Выбрать главу

— Наверно, это забавно? — спросил он. — Иметь будущее?

— Не очень, — ответила Сильви. Она снова обхватила себя руками и слегка вздрагивала, хотя огонь хорошо согревал комнату.

— Когда я была маленькой, надо мной все подшучивали из-за этого. Кроме бабушки. Но и она не могла удержаться от того, чтобы всем подряд не рассказывать об этом. И негритянка тоже говорила. А я так и оставалась для всех гадким худеньким ребенком, который не пачкает пеленки — и то спасибо. — Она в смущении поерзала под одеялом и повернула кольцо на пальце.

— Большое будущее Сильви. Это было предметом постоянных шуток. Однажды, — она оглянулась, — однажды появился настоящий старый цыган. Мама не хотела его впускать, но он сказал, что пришел из Бруклина, чтобы повидать меня. Тогда она разрешила ему войти. Он был такой симпатичный и очень толстый. И он смешно говорил по— испански. Потом меня притащили в комнату и показали ему. А я ела куриное крылышко. Как только он увидел меня, его большие глаза стали еще больше, а рот в изумлении открылся. А потом он упал передо мной на колени и сказал: «Вспомни обо мне, когда ты придешь в свое королевство». И он дал мне вот это.

Она протянула руку ладонью вверх и повернула ее, чтобы я мог рассмотреть серебряное кольцо со всех сторон.

— А потом мы все помогали ему подняться с колен.

— А что было дальше?

— Он вернулся в Бруклин. — Она помолчала, вспоминая того человека. — Знаешь, он мне не понравился. — Сильви засмеялась. — Когда он уходил, я положила куриное крылышко ему в карман. Он даже не заметил. Я положила в карман его пальто в обмен на кольцо.

— Крылышко за кольцо?

— Ну да. — Она снова рассмеялась, но быстро взяла себя в руки. Она снова выглядела усталой и раздраженной.

— Подумаешь, какая важность, — сказала она, — забудь об этом.

Быстро, большими глотками она выпила ром и помахала рукой перед открытым ртом; потом отдала ему кружку и еще глубже забралась под одеяла.

— И зачем это нужно?! Я не могу даже позаботиться о себе.

Ее голос становился все слабее, она повернулась и, казалось, собирается уйти; но этого не произошло, девушка лишь сладко зевнула. Она так широко открыла при этом рот, что Оберон смог рассмотреть ее зубы и язык. Язык был не бледно розового цвета, как у всех светлокожих людей, а имел кораллово-красный оттенок. Это его удивило… — наверное, тому ребенку просто повезло, — сказала она, — что он сбежал от меня.

— Я не могу поверить в это, — сказал Оберон, — ты сделала такие успехи.

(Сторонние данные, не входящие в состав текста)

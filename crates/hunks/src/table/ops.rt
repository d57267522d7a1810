ghost use Rattle.std.specs.Prelude.{◌≡◌, ℕ, true, length, None, is_err, nat_le};
ghost use Rattle.rules.specs.Questions.{ask, answered};
ghost use Rattle.rules.specs.Limits.{max_lines};
ghost use Rattle.rules.specs.declared.refusal.TableRefusal.TheVariants.{CountTooLarge};
ghost use Rattle.rules.specs.TableLaws.{TableKeeps};
ghost use Rattle.rules.specs.Tables.{new_table, held_of, held_at, count_of, open_answer, open_after, enter_answer, enter_after, withdraw_answer, withdraw_after};
ghost use Rattle.hunks.specs.Sides.{IsSide};

use crate::table::{HeldSide, HunkTable};
use rules::hunk::{Hunk, Side};
use rules::limits::MAX_LINES;
use rules::refusal::TableRefusal;

// Stays: one function that asks for this and for the render's refusals would be public, and say no more than an `if`.
fn count_fits(lines: u32, side: Side) -> Result<(), TableRefusal>
    ensures { result ≡ answered (ask (nat_le lines max_lines) (CountTooLarge side) None) tt }
{
    if lines <= MAX_LINES {
        Ok(())
    } else {
        Err(TableRefusal::CountTooLarge(side))
    }
}

impl HunkTable {
    /// A table before any opening: its counts are 0, and nothing is held.
    pub fn new() -> Self
        ensures { result ≡ new_table }
    {
        HunkTable {
            ancestor_lines: 0,
            current: HeldSide::new(),
            other: HeldSide::new(),
        }
    }

    /// Empties the table, whatever it held, and takes the line counts of the three sheets.
    // Stays: three counts and no struct of them: the project fixes `open` as a &mut self method by its three counts.
    // Stays: `same` follows from the other two, but is promised to who reads no definitions; as in enter, withdraw and the list.
    pub fn open(&mut self, ancestor: u32, current: u32, other: u32) -> Result<(), TableRefusal>
        ensures answer { result ≡ open_answer ancestor current other }
        ensures after { self.new ≡ open_after self.old ancestor current other }
        ensures same { is_err result ≡ true → self.new ≡ self.old }
    {
        count_fits(ancestor, Side::Ancestor)?;
        count_fits(current, Side::Current)?;
        count_fits(other, Side::Other)?;
        self.ancestor_lines = ancestor;
        self.current.open(current);
        self.other.open(other);
        Ok(())
    }

    /// Puts a hunk behind its side's last one, and answers the side's new count.
    pub fn enter(&mut self, hunk: Hunk) -> Result<usize, TableRefusal>
        ensures answer { result ≡ enter_answer self.old hunk }
        ensures after { self.new ≡ enter_after self.old hunk }
        ensures same { is_err result ≡ true → self.new ≡ self.old }
    {
        // Stays: a side lent as &mut is not proved, since the table's invariant must then hold whatever the caller writes (`invariant_of-self-lent`).
        match hunk.side {
            Side::Current => self.current.enter(self.ancestor_lines, hunk),
            Side::Other => self.other.enter(self.ancestor_lines, hunk),
            Side::Ancestor => Err(TableRefusal::NoHunksOfSide),
        }
    }

    /// Takes a side's last hunk out, and answers the side's new count.
    pub fn withdraw(&mut self, side: Side) -> Result<usize, TableRefusal>
        ensures answer { result ≡ withdraw_answer self.old side }
        ensures after { self.new ≡ withdraw_after self.old side }
        ensures same { is_err result ≡ true → self.new ≡ self.old }
    {
        // Stays: for the reason that enter has.
        match side {
            Side::Current => self.current.withdraw(),
            Side::Other => self.other.withdraw(),
            Side::Ancestor => Err(TableRefusal::NoHunksOfSide),
        }
    }

    // The side, or nothing; no hunks are held of the ancestor.
    fn side(&self, side: Side) -> Option<&HeldSide>
        ensures answer { IsSide self.now side result }
        ensures keeps { TableKeeps self.now }
    {
        // Both are read whatever the side, for what every table keeps is told where one is read.
        let HunkTable { current, other, .. } = self;
        match side {
            Side::Current => Some(current),
            Side::Other => Some(other),
            Side::Ancestor => None,
        }
    }

    /// Hunk n of a side, or nothing; none is held of the ancestor.
    pub fn held(&self, side: Side, n: usize) -> Option<Hunk>
        ensures answer { result ≡ held_at self.now side n }
        ensures keeps { TableKeeps self.now }
    {
        self.side(side)?.hunks.get(n)
    }

    /// How many hunks are held of a side.
    pub fn count(&self, side: Side) -> usize
        ensures answer { result ≡ length (held_of self.now side) }
        ensures keeps { TableKeeps self.now }
    {
        self.side(side).map_or(0, |held| held.hunks.len())
    }

    /// The count of a sheet's lines that the table was opened with.
    pub fn lines(&self, side: Side) -> u32
        ensures answer { result ≡ count_of self.now side }
        ensures keeps { TableKeeps self.now }
    {
        self.side(side)
            .map_or(self.ancestor_lines, |held| held.lines)
    }

    /// The hunks held of the current side, in order.
    // Stays: two calls, and both public: the rules' record of a table has two lists, and clauses name each of them.
    pub fn current(&self) -> &[Hunk]
        ensures hunks { result.now ≡ self.now.current }
        ensures keeps { TableKeeps self.now }
    {
        self.current.hunks.as_slice()
    }

    /// The hunks held of the other side, in order.
    pub fn other(&self) -> &[Hunk]
        ensures hunks { result.now ≡ self.now.other }
        ensures keeps { TableKeeps self.now }
    {
        self.other.hunks.as_slice()
    }
}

Она ничего не ответила, занятая своими мыслями.

— Я хочу, — начала она, но так и не продолжила. Ему так и хотелось что-нибудь предложить ей.

— Знаешь, — неожиданно для себя сказал он, — ты можешь оставаться здесь, сколько захочешь. Сколько захочешь.

Вдруг она вылезла из-под одеял и стала перебираться через кровать, спускаясь на пол. У Оберона появилось дикое желание удержать и остановить ее.

— Мне нужно в туалет, — заявила Сильви. Она перебралась через его ноги, спустилась на пол, толкнула дверь туалета и зажгла там свет.

Он слышал, как она расстегнула молнию на джинсах и воскликнула что-то насчет того, какой холодный унитаз. Через некоторое время молния была застегнута. Она крикнула ему, что он очень хороший парень. Он ничего не мог ответить, а только слушал, как зашумела вода, когда она нажала на рычаг.

НАКОНЕЦ УСПОКОИЛАСЬ

Приготовления ко сну в одной кровати были очень веселыми: он шутил, что нужно положить между ними обнаженную шпагу, а ей это казалось очень смешным, так как она никогда раньше такого не слышала. Но когда их обступила темнота, он услышал, как она тихо плачет, бесшумно вытирая слезы, на своей половине кровати.

Ему казалось, что они не смогут заснуть; Сильви долго вертелась, вздыхала, как будто испуганная собственными мыслями, наконец она нашла удобное положение, слезы высохли на ее смуглых щеках и она уснула. Пока она устраивалась поудобнее, она перетянула к себе почти все одеяло, а он не посмел тревожить ее сон. На ней была сорочка с треугольным вырезом, которая напоминала скорее сувенир для иностранных туристов и трусики из черного шелка, которые едва прикрывали ее тело. Он долго лежал без сна рядом с ней, пока ее дыхание не стало ровным. Оберон не заметил, как его одолел сон и ему приснилась эта ее ночная сорочка, и ее горе, и одеяло, прикрывающее бедра и вся она — полуобнаженная. Он засмеялся во сне и этот смех разбудил его.